Jésus – Je ne sais pas, Jacques, parfois… parfois, je pense que Dieu est plus content de voir quelqu’un qui est perdu comme Matthieu qui revient à lui et qui change de vie, que lorsqu’il voit les quatre-vingt-dix-neuf que nous croyons bons et justes.

Six siècles avant, le prophète Ezéquiel avait écrit dans son livre : «Ainsi parle Dieu : mon troupeau marche tout seul, il n’y a personne pour s’occuper de lui. C’est pour cela que je suis là. Je vais moi-même m’occuper de mon troupeau et je veillerai sur lui. Je le rassemblerai de tous les lieux où il s’est dispersé dans les nuages et la brume. Je chercherai la brebis perdue, je ferai revenir celle qui s’égare, je banderai ses blessures et je soignerai celle qui est malade. Je les conduirai toutes dans la justice.»

Matthieu 18,12-14; Luc 15,3-7.

Commentaires :

1. Dans la parabole du pasteur et de la brebis perdue, Jésus a voulu expliquer comment Dieu est. Il paraît surprenant que Jésus ait comparé les sentiments et l’attitude de Dieu avec ceux d’un berger. Avec les publicains et d’autres métiers méprisables (usuriers, changeurs), les bergers étaient devenus au temps de Jésus des gens de mauvaise réputation, comptés sans hésitations parmi les pécheurs.

2. Le pasteur de l’histoire de Jésus a cent brebis. Pour les habitudes de l’époque, c’était un troupeau de moyenne importance. Chez les bédouins, les troupeaux avaient ordinairement entre 20 et 200 animaux, en comptant les brebis et les chèvres. Un troupeau de cent brebis était confié exclusivement à un berger qui, à cause de sa mauvaise position économique, ne pouvait pas se permettre d’avoir un quelconque salarié pour lui venir en aide. En Palestine, les bergers avaient l’habitude de compter leur troupeau à la tombée de la nuit, avant d’entrer dans le bercail, pour être sûr qu’il n’avait perdu aucun animal.

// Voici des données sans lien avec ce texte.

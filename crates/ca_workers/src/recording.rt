//! Whole programs, whose schedule many workers tell.

ghost use Rattle.std.specs.Prelude.{All, ◌≡◌, ◌≤◌, map, IfOk, OnErr};
ghost use Rattle.ca_program.specs.View.{program_view};
ghost use Rattle.ca_model.specs.Typed.{TypedHeap};
ghost use Rattle.ca_meaning.specs.ProgramTyped.{ProgramTyped};
ghost use Rattle.ca_meaning.specs.WellTyped.{AllWellTyped};
ghost use Rattle.ca_parallel.specs.Calls.{invocations_of, operation_of};
ghost use Rattle.ca_parallel.specs.Marks.{SoundMarks};
ghost use Rattle.ca_parallel.specs.Parallel.{ParallelFrom};
ghost use Rattle.ca_trace.specs.Lines.{Follows};
ghost use Rattle.ca_trace.specs.Texts.{IsLineOf};
ghost use Rattle.ca_run.specs.Traced.{Traces};

use crate::parallel::Parallel;
use ca_base::{Gate, Memory};
use ca_model::Heap;
use ca_parallel::{Marks, Op};
use ca_program::Program;
use ca_record::{Tracing, record};
use ca_sections::Coded;
use ca_trace::Line;
use std::alloc::Global;
use std::sync::Wait;
use std::thread::Threads;

/// Runs a program by 2 to 64 workers, and tells the lines of its schedule. What it prints goes nowhere.
///
/// The program is typed and the marks are sound. Each list begins with a round, in cells, however small the heap is. The gate is
/// passed by the worker that runs a section, as `Parallel` says.
pub fn record_by_many<R: Threads + Wait + Sync, G: Gate + Sync>(
    rt: &R,
    alloc: Global,
    program: &Program,
    marks: &Marks,
    budget: u64,
    workers: u32,
    gate: &G,
) -> Result<Vec<Line>, Memory>
    requires program { ProgramTyped (program_view program.now) }
    requires sound { SoundMarks (program_view program.now) marks.now }
    requires workers { (2 ≤ workers) × (workers ≤ 64) }
    // Whatever the order in which sections ran.
    ensures follows { IfOk result (λ lines. Follows (program_view program.now) marks.now budget lines.items) }
    // Each is a line of the program, so they can be written.
    ensures of_program { IfOk result (λ lines. All (IsLineOf (program_view program.now)) lines.items) }
{
    let mut parallel = Parallel::new(alloc, workers, gate);
    let lent = &mut parallel;
    let engine = Tracing {
        call: move |code: &Coded<'_>, heap: &mut Heap, calls: &[Op], left: u64, lines: &mut Vec<
            Line,
        >|
            requires program { ProgramTyped (program_view code.now) }
            requires heap { TypedHeap (program_view code.now) heap.now }
            requires typed { AllWellTyped (program_view code.now) heap.now (invocations_of calls.now) }
            requires parallel { ParallelFrom (program_view code.now) (map operation_of calls.now) }
            ensures traced { IfOk result (λ answer. Traces (program_view code.entry.now) heap.entry.now (invocations_of calls.entry.now) left heap.exit.now lines.entry.now.items lines.exit.now.items answer) }
            ensures heap_kept { OnErr result (heap.exit.now ≡ heap.entry.now) }
            ensures lines_kept { OnErr result (lines.exit.now.items ≡ lines.entry.now.items) }
        { lent.trace(rt, code, heap, calls, left, lines) },
    };
    record(rt, alloc, program, marks, budget, engine)
}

3. Dans la parabole de la brebis perdue, Jésus a comparé Dieu à un berger. Et en d’autres occasions il s’est comparé lui-même à un bon berger. Ces comparaisons ont plusieurs antécédents dans l’Ancien Testament. Le texte du prophète Ezéchiel (34,1-31) où l’on annonçait les temps messianiques est la source la plus directe où Jésus a trouvé son inspiration pour la comparaison. Et cela a tellement impressionné les disciples que cette image du bon pasteur et de la brebis perdue sur ses épaules a été, avec le poisson et les pains, le symbole le plus fréquent utilisé dans l’art par les premiers chrétiens On trouve l’image du bon pasteur dans les sculptures, les sépulcres, les autels et sur les murs des catacombes romaines où les chrétiens persécutés se réunissaient pour prier et célébrer leur foi.